[Stored items from a collection]

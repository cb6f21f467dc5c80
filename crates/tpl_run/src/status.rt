//! Where a task stands.

ghost use Rattle.std.specs.Prelude.{◌≡◌};
ghost use Rattle.tpl_run.specs.Prelude.{opening_of, status_from};

use tpl_graph::Kind;
use tpl_model::{Actor, Final, Status};

/// Where a task stands that hasn't begun.
pub fn opening(kind: Kind, started: bool, released: bool) -> Status
    ensures { result ≡ opening_of kind started released }
{
    match kind {
        Kind::Root => Status::WaitingToRun,
        Kind::Child => {
            if started || released {
                Status::WaitingToRun
            } else {
                Status::Created
            }
        }
        Kind::Then | Kind::All | Kind::Any => {
            if released {
                Status::WaitingToRun
            } else {
                Status::WaitingForActivation
            }
        }
    }
}

/// Where a task stands, by how it ended, whether its body was left, who began it, and where it stood before.
pub fn status_from(ended: Option<Final>, left: bool, begun: Option<Actor>, before: Status) -> Status
    ensures { result ≡ status_from ended left begun before }
{
    if let Some(status) = ended {
        return Status::Completed(status);
    }
    if left {
        return Status::WaitingForChildrenToComplete;
    }
    match begun {
        Some(_) => Status::Running,
        None => before,
    }
}
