//! Finalizers for a host with a heap of its own: registrations, links, and a queue of entries.
#![tactic(auto)]

mod adding;
mod cleaning;
mod cleanups;
mod data;
mod entries;
mod ephemerons;
mod finalizers;
mod kinds;
mod law;
mod linking;
mod links;
mod passes;
mod past;
mod queue;
mod ready;
mod refused;
mod registering;
mod registrations;
mod roots;
mod shrinking;
mod stepwise;
mod stored;
mod unfinished;
mod walks;
mod whole;

pub use cleanups::{Attached, Cleanup};
pub use finalizers::Finalizers;
pub use fz_model::{Addr, Entry, LinkAnswer, LinkKind, MoveAnswer, Old};
pub use fz_table::{Registrations, Stored};
pub use kinds::{Finalizer, Kind};
pub use law::every_sequence;
pub use passes::Passed;
pub use refused::Refused;
pub use roots::{Root, Roots};
pub use unfinished::Entries;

_ACTION ITEM_.
Each record is to be given again in full, exactly as it reads.

_ANSWER TO THE EXERCISE_.
repository cb6f21f467dc5c80
filename crates/tpl_run/src/status.rt
//! Where a task stands.

ghost use Rattle.std.specs.Prelude.{◌≡◌};
ghost use Rattle.tpl_run.specs.Prelude.{opening_of, status_from};

use tpl_graph::Kind;
use tpl_model::{Actor, Final, Status};

/// Where a task stands that hasn't begun.
pub fn opening(kind: Kind, started: bool, released: bool) -> Status
    ensures { result ≡ opening_of kind started released }
{
    match kind {
        Kind::Root => Status::WaitingToRun,
        Kind::Child => {
            if started || released {
                Status::WaitingToRun
            } else {
                Status::Created
            }
        }
        Kind::Then | Kind::All | Kind::Any => {
            if released {
                Status::WaitingToRun
            } else {
                Status::WaitingForActivation
            }
        }
    }
}

/// Where a task stands, by how it ended, whether its body was left, who began it, and where it stood before.
pub fn status_from(ended: Option<Final>, left: bool, begun: Option<Actor>, before: Status) -> Status
    ensures { result ≡ status_from ended left begun before }
{
    if let Some(status) = ended {
        return Status::Completed(status);
    }
    if left {
        return Status::WaitingForChildrenToComplete;
    }
    match begun {
        Some(_) => Status::Running,
        None => before,
    }
}
//! Finalizers for a host with a heap of its own: registrations, links, and a queue of entries.
#![tactic(auto)]

mod adding;
mod cleaning;
mod cleanups;
mod data;
mod entries;
mod ephemerons;
mod finalizers;
mod kinds;
mod law;
mod linking;
mod links;
mod passes;
mod past;
mod queue;
mod ready;
mod refused;
mod registering;
mod registrations;
mod roots;
mod shrinking;
mod stepwise;
mod stored;
mod unfinished;
mod walks;
mod whole;

pub use cleanups::{Attached, Cleanup};
pub use finalizers::Finalizers;
pub use fz_model::{Addr, Entry, LinkAnswer, LinkKind, MoveAnswer, Old};
pub use fz_table::{Registrations, Stored};
pub use kinds::{Finalizer, Kind};
pub use law::every_sequence;
pub use passes::Passed;
pub use refused::Refused;
pub use roots::{Root, Roots};
pub use unfinished::Entries;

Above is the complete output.